Vier Jungen. Vier Jungen und Roger gingen über die Bahn zur Ziellinie. Sie liefen nicht. Wenn Toby sie sah, würde er keinen Grund zur Eile erkennen.

«Du kleiner Mistkerl, komm«, sagte ich leise. »Hör einmal in deinem Leben auf mich.«

Ich lief wieder ans Mikrofon und sagte es unverblümt und laut.»Auf der Tribüne sind Sprengladungen, Toby, hörst du mich? Erinnerst du dich an den Fabrikschornstein? So kann auch die Tribüne hochgehen. Komm schnell da raus, Toby, und lauf zu den anderen.«

Wieder lief ich auf den Platz vor der Tribüne, und wieder tauchte Toby nicht auf.

Ich war kein Abbruchspezialist. Wenn ich ein Gebäude bis auf die Grundmauern abreißen wollte, machte ich das gewöhnlich Stein für Stein und rettete, was noch zu retten war. Im Augenblick wäre ich froh gewesen, ich hätte mehr gewußt. Das Wichtigste war auf alle Fälle, mich davon zu überzeugen, was Neil gesehen hatte, und dafür mußte ich die Haupttreppe hinaufgehen, an der auch die Bar mit dem scharf riechenden Fußboden lag; die Mitgliederbar, in der immer so beklagenswert wenig Betrieb war.

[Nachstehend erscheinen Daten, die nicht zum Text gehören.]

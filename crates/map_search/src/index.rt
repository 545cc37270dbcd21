//! An index of the triples of a graph by what stands in two of their places.
ghost use Rattle.std.specs.Prelude.{◌≡◌, ◌↔◌, ℕ, ◌<◌, ◌≤◌, true, [], IsTrue, length, slice_index, slice_set, All, IfOk};
ghost use Rattle.map_search.specs.Pattern.{end_at};
ghost use Rattle.map_search.specs.Marks.{mark_at};
ghost use Rattle.map_search.specs.Table.{entry_at};
ghost use Rattle.map_search.specs.Index.{entry_for, quad_at, IsTableOf};

use crate::rows::{Condition, End, Lookup};
use crate::table::{Entry, Table};
use rdf_terms::{MOST_QUADS, NoMemory, Quad};
use std::alloc::Global;
use std::marker::Model;

// What is looked for.
#[derive(Clone, Copy, Debug, PartialEq, Eq)]
pub(crate) enum Asked {
    AsSubject,
    AsObject,
    AsBoth,
    AsSomeSubject,
    AsSomeObject,
}

fn entry_of(asked: Asked, q: Quad, place: u32) -> Entry
    ensures { result ≡ entry_for asked q place }
{
    match asked {
        Asked::AsSubject => Entry {
            first: q.p,
            second: q.o,
            value: q.s,
            quad: place,
        },
        Asked::AsObject => Entry {
            first: q.s,
            second: q.p,
            value: q.o,
            quad: place,
        },
        Asked::AsBoth => Entry {
            first: q.p,
            second: if q.s == q.o { 1 } else { 0 },
            value: q.s,
            quad: place,
        },
        Asked::AsSomeSubject => Entry {
            first: q.p,
            second: 0,
            value: q.s,
            quad: place,
        },
        Asked::AsSomeObject => Entry {
            first: q.p,
            second: 0,
            value: q.o,
            quad: place,
        },
    }
}

fn entries_of(alloc: Global, asked: Asked, quads: &[Quad]) -> Result<Vec<Entry>, NoMemory>
    requires { length quads.now ≤ MOST_QUADS }
    ensures count { IfOk result (λ es. length es.items ≡ length quads.now) }
    ensures each { IfOk result (λ es. (k : ℕ) → k < length quads.now → entry_at es.items k ≡ entry_for asked (quad_at quads.now k) k) }
{
    let mut entries = Vec::new(alloc);
    for (place, quad) in quads.iter().enumerate() {
        entries.push(entry_of(asked, *quad, place as u32))?;
    }
    Ok(entries)
}

fn table_of(alloc: Global, asked: Asked, quads: &[Quad], live: &[bool]) -> Result<Table, NoMemory>
    requires bound { length quads.now ≤ MOST_QUADS }
    requires all { (k : ℕ) → k < length quads.now → mark_at live.now k ≡ true }
    ensures { IfOk result (IsTableOf asked quads.now live.now) }
{
    let entries = entries_of(alloc, asked, quads)?;
    Table::build(alloc, entries)
}

/// The triples of a graph, of which some may be taken away.
#[derive(Drop)]
pub struct Index {
    quads: Vec<Quad>,
    live: Vec<bool>,
    terms: u32,
    subjects: Table,
    objects: Table,
    both: Table,
    some_subjects: Table,
    some_objects: Table,
}

impl Model for Index {
    ghost use Rattle.map_search.specs.Index.{IndexView, IsIndex};

    ghost Value = { IndexView };

    ghost view = { λ i. record { quads = i.quads.items; live = i.live.items; terms = i.terms } };

    ghost invariant = { λ i. IsIndex (record { quads = i.quads.items; live = i.live.items; terms = i.terms }) i.subjects i.objects i.both i.some_subjects i.some_objects };
}

impl Index {
    /// All of the quads, whose terms are below a number.
    pub fn build(alloc: Global, quads: &[Quad], terms: u32) -> Result<Self, NoMemory>
        requires bound { length quads.now ≤ MOST_QUADS }
        requires in_range { All (λ q. q.s < terms) quads.now }
        requires in_range_too { All (λ q. q.o < terms) quads.now }
        ensures quads { IfOk result (λ i. i.quads ≡ quads.now) }
        ensures terms { IfOk result (λ i. i.terms ≡ terms) }
        ensures live { IfOk result (λ i. (k : ℕ) → k < length quads.now → mark_at i.live k ≡ true) }
        ensures count { IfOk result (λ i. length i.live ≡ length quads.now) }
    {
        let live = vec![in alloc; true; quads.len()]?;
        let subjects = table_of(alloc, Asked::AsSubject, quads, live.as_slice())?;
        let objects = table_of(alloc, Asked::AsObject, quads, live.as_slice())?;
        let both = table_of(alloc, Asked::AsBoth, quads, live.as_slice())?;
        let some_subjects = table_of(alloc, Asked::AsSomeSubject, quads, live.as_slice())?;
        let some_objects = table_of(alloc, Asked::AsSomeObject, quads, live.as_slice())?;
        Ok(Index {
            quads: quads.to_vec(alloc)?,
            live,
            terms,
            subjects,
            objects,
            both,
            some_subjects,
            some_objects,
        })
    }

    /// How many triples it was built of.
    pub fn len(&self) -> usize
        ensures len { result ≡ length self.now.quads }
        ensures live { length self.now.live ≡ length self.now.quads }
    {
        self.quads.len()
    }

    pub fn is_empty(&self) -> bool
        ensures { IsTrue result ↔ (self.now.quads ≡ []) }
    {
        self.quads.is_empty()
    }

    /// The triple at this place.
    pub fn quad(&self, place: u32) -> Quad
        ensures { result ≡ quad_at self.now.quads place }
    {
        if (place as usize) < self.quads.len() {
            self.quads[place as usize]
        } else {
            Quad {
                s: 0,
                p: 0,
                o: 0,
                g: None,
            }
        }
    }

    /// Terms have numbers below this one.
    pub fn terms(&self) -> u32
        ensures { result ≡ self.now.terms }
    {
        self.terms
    }

    /// Whether the triple at this place is there.
    pub fn has(&self, place: u32) -> bool
        ensures { result ≡ mark_at self.now.live place }
    {
        (place as usize) < self.live.len() && self.live[place as usize]
    }

    /// Takes the triple at this place away, or back.
    pub fn set(&mut self, place: u32, there: bool)
        requires { place < length self.old.quads }
        ensures quads { self.new.quads ≡ self.old.quads }
        ensures terms { self.new.terms ≡ self.old.terms }
        ensures live { self.new.live ≡ slice_set self.old.live place there }
    {
        let quad = self.quads[place as usize];
        self.live[place as usize] = there;
        self.subjects
            .set(entry_of(Asked::AsSubject, quad, place), there);
        self.objects
            .set(entry_of(Asked::AsObject, quad, place), there);
        self.both.set(entry_of(Asked::AsBoth, quad, place), there);
        self.some_subjects
            .set(entry_of(Asked::AsSomeSubject, quad, place), there);
        self.some_objects
            .set(entry_of(Asked::AsSomeObject, quad, place), there);
    }

    /// How many triples have this predicate and object, those that have gone among them.
    pub fn subjects_of(&self, p: u32, o: u32) -> usize {
        self.subjects.width(p, o)
    }

    /// How many triples have this subject and predicate, those that have gone among them.
    pub fn objects_of(&self, s: u32, p: u32) -> usize {
        self.objects.width(s, p)
    }

    /// How many triples have this predicate, those that have gone among them.
    pub fn triples_of(&self, p: u32) -> usize {
        self.some_subjects.width(p, 0)
    }
}

fn image_at(images: &[u32], place: u32) -> u32
    ensures { result ≡ slice_index images.now place }
{
    if (place as usize) < images.len() {
        images[place as usize]
    } else {
        0
    }
}

fn end(images: &[u32], end: End) -> u32
    ensures { result ≡ end_at images.now end }
{
    match end {
        End::Fixed(number) => number,
        End::Place(place) => image_at(images, place),
    }
}

impl Lookup for Index {
    ghost use Rattle.map_search.specs.Index.{meets_in, graph_of};

    ghost bound = { λ i. i.terms };

    ghost meets = { λ i. meets_in (graph_of i) };

    fn bound(&self) -> u32 {
        self.terms
    }

    fn next(&self, condition: Condition, images: &[u32], from: u32) -> Option<u32> {
        match condition {
            Condition::Subject(p, o) => self.subjects.least(p, end(images, o), from),
            Condition::Object(s, p) => self.objects.least(end(images, s), p, from),
            Condition::Both(p) => self.both.least(p, 1, from),
            Condition::SomeSubject(p) => self.some_subjects.least(p, 0, from),
            Condition::SomeObject(p) => self.some_objects.least(p, 0, from),
        }
    }
}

Ich hatte bemerkt, daß es die gleiche Treppe war, die auf einer Ebene durch eine Flügeltür zu den geheiligten, mit Teppich ausgelegten Räumen der Strattons führte. Den Plänen und auch meiner Erinnerung nach war diese Treppe die vertikale Schlagader zur Versorgung aller Etagen der Haupttribüne; das Kernstück des ganzen Hauptgebäudes.

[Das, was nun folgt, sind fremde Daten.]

//! From a file to its dataset.
ghost use Rattle.std.specs.Prelude.{◌≡◌, ◌≤◌, length, Option, IfOk, IfErr, IfSome};
ghost use Rattle.std.specs.Option.{option_copied};
ghost use Rattle.rdf_terms.specs.Lists.{Text};
ghost use Rattle.rdf_terms.specs.Document.{statements};
ghost use Rattle.nquads_reader.specs.Document.{IsCauseOf as IsLineCauseOf};
ghost use Rattle.nquads_reader.specs.Pieces.{StandsFor};
ghost use Rattle.trig_builder.specs.Building.{IsWhole as IsBase};
ghost use Rattle.trig_reader.specs.Document.{IsCauseOf as IsTriGCauseOf};
ghost use Rattle.rdfc_cli.specs.Answers.{States, Accepts, seen};
ghost use Rattle.rdfc_cli.specs.FileFaults.{content_of, IsFileFault, IsTextFault};
ghost use Rattle.rdfc_cli.specs.Requests.{syntax_of, HasGoodBase};
ghost use Rattle.rdfc_cli.specs.Words.{Syntax as WordsSyntax};
ghost use Rattle.rdfc_cli.specs.Words.Syntax.{nquads, trig};

use crate::files::{FILE_LIMIT, FileFault, feed_file};
use crate::options::Syntax;
use crate::status::Cause;
use dataset_index::Dataset;
use nquads_reader::{LineReader, ReadFault};
use outside::Shelf;
use rdf_terms::Parsed;
use std::alloc::Global;
use std::hash::RandomState;
use trig_reader::{TrigFault, read_trig};

fn refused_by_lines(fault: ReadFault) -> FileFault
    ensures { (bytes : Text) → length bytes ≤ FILE_LIMIT → IsLineCauseOf bytes fault → IsTextFault nquads bytes result }
{
    match fault {
        ReadFault::NotUtf8 { line } => FileFault::Refused(Cause::NotUtf8 { line }),
        ReadFault::BadLine { line } => FileFault::Refused(Cause::BadLine { line }),
        ReadFault::RelativeIri { line } => FileFault::Refused(Cause::RelativeIri { line }),
        ReadFault::TooManyQuads => FileFault::Refused(Cause::TooManyQuads),
        ReadFault::NoMemory => FileFault::NoMemory,
    }
}

fn refused_by_trig(fault: TrigFault) -> FileFault
    ensures { (bytes : Text) (base : Option Text) → length bytes ≤ FILE_LIMIT → IsTriGCauseOf bytes base fault → IsTextFault (trig base) bytes result }
{
    match fault {
        TrigFault::NotUtf8 { line } => FileFault::Refused(Cause::NotUtf8 { line }),
        TrigFault::BadTrig { line } => FileFault::Refused(Cause::BadTrig { line }),
        TrigFault::UnknownPrefix { line } => FileFault::Refused(Cause::UnknownPrefix { line }),
        TrigFault::NoBase { line } => FileFault::Refused(Cause::NoBase { line }),
        TrigFault::TooManyQuads => FileFault::Refused(Cause::TooManyQuads),
        TrigFault::NoMemory => FileFault::NoMemory,
    }
}

// What the lines state that the reader was fed, where they are within the limit.
fn document_of_lines(reader: LineReader) -> Result<Parsed, FileFault>
    ensures stated { (bytes : Text) → length bytes ≤ FILE_LIMIT → StandsFor reader bytes → IfOk result (λ parsed. States nquads bytes parsed.labels (statements parsed)) }
    ensures fault { (bytes : Text) → length bytes ≤ FILE_LIMIT → StandsFor reader bytes → IfErr result (IsTextFault nquads bytes) }
{
    match reader.finish() {
        Ok(parsed) => Ok(parsed),
        Err(fault) => Err(refused_by_lines(fault)),
    }
}

// What the bytes of TriG state, which are within the limit.
fn document_of_trig(
    alloc: Global,
    keys: RandomState,
    bytes: &[u8],
    base: Option<&str>,
) -> Result<Parsed, FileFault>
    requires base { IfSome base (λ iri. IsBase iri.now) }
    ensures stated { length bytes.now ≤ FILE_LIMIT → IfOk result (λ parsed. States (trig (option_copied base.entry)) bytes.now parsed.labels (statements parsed)) }
    ensures fault { length bytes.now ≤ FILE_LIMIT → IfErr result (IsTextFault (trig (option_copied base.entry)) bytes.now) }
{
    match read_trig(alloc, keys, bytes, base) {
        Ok(parsed) => Ok(parsed),
        Err(fault) => Err(refused_by_trig(fault)),
    }
}

fn read_lines<S: Shelf>(
    alloc: Global,
    keys: RandomState,
    shelf: &mut S,
    file: &str,
) -> Result<Parsed, FileFault>
    ensures stated { IfOk result (λ parsed. IfSome (S.told shelf.old file.now) (λ told. States nquads told parsed.labels (statements parsed))) }
    ensures fault { IfErr result (IsFileFault (seen nquads S.told S.faults shelf.old shelf.new file.now)) }
    ensures told { (other : Text) → S.told shelf.new other ≡ S.told shelf.old other }
    ensures never_fell { (other : Text) → S.faults shelf.old other ≤ S.faults shelf.new other }
{
    let reader = feed_file(alloc, LineReader::new(alloc, keys), shelf, file)?;
    document_of_lines(reader)
}

// The sentences of TriG have no lines, so the whole file is gathered.
fn read_sentences<S: Shelf>(
    alloc: Global,
    keys: RandomState,
    shelf: &mut S,
    base: Option<&str>,
    file: &str,
) -> Result<Parsed, FileFault>
    requires base { IfSome base (λ iri. IsBase iri.now) }
    ensures stated { IfOk result (λ parsed. IfSome (S.told shelf.old file.now) (λ told. States (trig (option_copied base.entry)) told parsed.labels (statements parsed))) }
    ensures fault { IfErr result (IsFileFault (seen (trig (option_copied base.entry)) S.told S.faults shelf.old shelf.new file.now)) }
    ensures told { (other : Text) → S.told shelf.new other ≡ S.told shelf.old other }
    ensures never_fell { (other : Text) → S.faults shelf.old other ≤ S.faults shelf.new other }
{
    let bytes = feed_file(alloc, Vec::new(alloc), shelf, file)?;
    document_of_trig(alloc, keys, &bytes, base)
}

fn read_document<S: Shelf>(
    alloc: Global,
    keys: RandomState,
    shelf: &mut S,
    syntax: Syntax<'_>,
    file: &str,
) -> Result<Parsed, FileFault>
    requires base { HasGoodBase (syntax_of syntax) }
    ensures stated { IfOk result (λ parsed. IfSome (S.told shelf.old file.now) (λ told. States (syntax_of syntax.entry) told parsed.labels (statements parsed))) }
    ensures fault { IfErr result (IsFileFault (seen (syntax_of syntax.entry) S.told S.faults shelf.old shelf.new file.now)) }
    ensures told { (other : Text) → S.told shelf.new other ≡ S.told shelf.old other }
    ensures never_fell { (other : Text) → S.faults shelf.old other ≤ S.faults shelf.new other }
{
    match syntax {
        Syntax::NQuads => read_lines(alloc, keys, shelf, file),
        Syntax::TriG { base } => read_sentences(alloc, keys, shelf, base, file),
    }
}

fn dataset_of_document(alloc: Global, parsed: Parsed) -> Result<Dataset, FileFault>
    ensures accepted { (syntax : WordsSyntax) (bytes : Text) → States syntax bytes parsed.labels (statements parsed) → IfOk result (λ d. Accepts syntax bytes (content_of d)) }
    ensures memory { IfErr result (λ fault. fault ≡ FileFault.NoMemory) }
{
    let dataset = Dataset::build(alloc, parsed)?;
    // Its count tells that the dataset is valid.
    let _nodes = dataset.node_count();
    Ok(dataset)
}

// The dataset of a file. It is judged after it was read to its end.
pub(crate) fn read_dataset<S: Shelf>(
    alloc: Global,
    keys: RandomState,
    shelf: &mut S,
    syntax: Syntax<'_>,
    file: &str,
) -> Result<Dataset, FileFault>
    requires base { HasGoodBase (syntax_of syntax) }
    ensures accepted { IfOk result (λ d. IfSome (S.told shelf.old file.now) (λ told. Accepts (syntax_of syntax.entry) told (content_of d))) }
    ensures fault { IfErr result (IsFileFault (seen (syntax_of syntax.entry) S.told S.faults shelf.old shelf.new file.now)) }
    ensures told { (other : Text) → S.told shelf.new other ≡ S.told shelf.old other }
    ensures never_fell { (other : Text) → S.faults shelf.old other ≤ S.faults shelf.new other }
{
    let parsed = read_document(alloc, keys, shelf, syntax, file)?;
    dataset_of_document(alloc, parsed)
}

Oben befand sich ein großer verglaster Raum wie ein Kontrollturm, von dem aus die Mitglieder der Rennleitung mit mächtigen Ferngläsern den Rennen zuschauten. Ein moderner Ableger der Treppe führte noch eins höher zu einem Presseraum mit Fernsehanlage, dem Horst für die Bahnsprecher und die schreibende Zunft.

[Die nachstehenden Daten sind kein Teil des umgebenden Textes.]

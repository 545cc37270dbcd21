//! Another output that the standard allows for a dataset, or why there is none to write.
ghost use Rattle.std.specs.Prelude.{◌≡◌, IfOk, IfErr, MatchOption};
ghost use Rattle.rdfc_cli.specs.Outputs.{IsOtherOutput, IsOtherEnd};

use crate::ends::status_of_run;
use crate::options::Settings;
use crate::output::{Output, canonical_run};
use crate::status::Status;
use dataset_index::Dataset;
use ndegree_hash::Tie;
use other_output::{Openness, other_form};
use std::alloc::Global;
use std::hash::RandomState;

// How a run ends that found no other output along the first tie that is not joined.
fn none_found(unsettled: Option<Tie>) -> Status
    ensures { MatchOption unsettled (result ≡ Status.NoOther) (λ tie. result ≡ Status.NotFound tie) }
{
    match unsettled {
        None => Status::NoOther,
        Some(tie) => Status::NotFound(tie),
    }
}

// Another output of a dataset, or how the run stops. Each of its two canonical runs has the whole limit.
pub(crate) fn other_output(
    alloc: Global,
    keys: RandomState,
    settings: Settings,
    dataset: &Dataset,
) -> Result<Output, Status>
    ensures output { IfOk result (IsOtherOutput settings dataset.now) }
    ensures stops { IfErr result (IsOtherEnd settings dataset.now) }
{
    let canon = canonical_run(alloc, settings, dataset)?;
    match other_form(alloc, dataset, &canon, settings.limit, keys) {
        Ok(Openness::Another(text)) => Ok(Output {
            text,
            unsettled: None,
        }),
        Ok(Openness::Settled) => Err(Status::NoOther),
        Ok(Openness::NotKnown) => Err(none_found(canon.unsettled)),
        Err(stop) => Err(status_of_run(stop, settings.limit)),
    }
}
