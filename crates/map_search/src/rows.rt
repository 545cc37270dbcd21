//! What the triples of a node ask of its image, and the next number that meets it all.
ghost use Rattle.std.specs.Prelude.{◌≡◌, ℕ, ◌<◌, ◌≤◌, ◌^◌, true, length, IfSome, IfNone};
ghost use Rattle.map_search.specs.Maps.{IsNext, NoneFits};
ghost use Rattle.map_search.specs.Rows.{meets_all, IsPassed};

/// An end of a triple: a term of the target, or the image of an earlier place.
#[derive(Clone, Copy, Debug, PartialEq, Eq)]
pub enum End {
    Fixed(u32),
    Place(u32),
}

/// What a triple of a node asks of the node's image, which is the triple's subject or object. Where
/// the other end has no image yet, some term is to stand there.
#[derive(Clone, Copy, Debug, PartialEq, Eq)]
pub enum Condition {
    /// The predicate and the object.
    Subject(u32, End),
    /// The subject and the predicate.
    Object(End, u32),
    /// The predicate of a triple with this node at both ends.
    Both(u32),
    /// The predicate.
    SomeSubject(u32),
    /// The predicate.
    SomeObject(u32),
}

/// A graph in which numbers are looked up that meet a condition.
pub trait Lookup {
    ghost use Rattle.std.specs.Prelude.{ℕ, Bool, List};
    ghost use Rattle.map_search.specs.declared.rows.Condition.{Condition};

    /// Its terms have numbers below this one.
    ghost bound: { Self → ℕ };

    ghost meets: { Self → List ℕ → Condition → ℕ → Bool };

    fn bound(&self) -> u32
        ensures { result ≡ bound self.now };

    /// The least number from `from` on that meets the condition, behind these images.
    fn next(&self, condition: Condition, images: &[u32], from: u32) -> Option<u32>
        ensures some { IfSome result (IsNext (bound self.now) (meets self.now images.now condition) from) }
        ensures none { IfNone result (NoneFits (bound self.now) (meets self.now images.now condition) from) };
}

// Moves on past numbers that do not meet one of the conditions. Where it stays, all are met.
fn pass<L: Lookup>(lookup: &L, row: &[Condition], images: &[u32], from: u32) -> Option<u32>
    requires { from < L.bound lookup.now }
    ensures some { IfSome result (IsPassed (L.bound lookup.now) (L.meets lookup.now images.now) row.now from) }
    ensures none { IfNone result (NoneFits (L.bound lookup.now) (meets_all (L.meets lookup.now images.now) row.now) from) }
{
    let mut at = from;
    for condition in row {
        match lookup.next(*condition, images, at) {
            None => return None,
            Some(next) => at = next,
        }
    }
    Some(at)
}

/// The least number from `from` on that meets all the conditions, behind these images.
pub fn next_in_row<L: Lookup>(
    lookup: &L,
    row: &[Condition],
    images: &[u32],
    from: u32,
) -> Option<u32>
    ensures some { IfSome result (IsNext (L.bound lookup.now) (meets_all (L.meets lookup.now images.now) row.now) from) }
    ensures none { IfNone result (NoneFits (L.bound lookup.now) (meets_all (L.meets lookup.now images.now) row.now) from) }
{
    if from >= lookup.bound() {
        return None;
    }
    let mut at = from;
    'passes: loop {
        match pass(lookup, row, images, at) {
            None => return None,
            Some(next) => {
                if next == at {
                    return Some(at);
                }
                at = next;
            }
        }
    }
}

Auf anderen Ebenen gelangte man über die Treppe nach innen zu einem Mitglieder-Speiseraum und nach draußen zu einer Abteilung luftiger, den Elementen ausgesetzter Stehplätze. Im ersten Stock führte ein Gang zu einer Reihe von Logen mit zierlichen, leichten weißen Holzstühlen zur Entlastung der müden Beine reicher Leute.

Ich lief von der Tribünenfront zur Treppe und hinauf zu der stinkenden Mitgliederbar. Die Tür der Gaststube war verschlossen, aber an der weiß gestrichenen Flurwand lief knapp einen halben Meter über dem Boden eine unscheinbare, dicke weiße Schnur entlang, die aussah wie die Wäscheleinen, auf denen man im Garten hinterm Haus die nassen Sachen trocknet.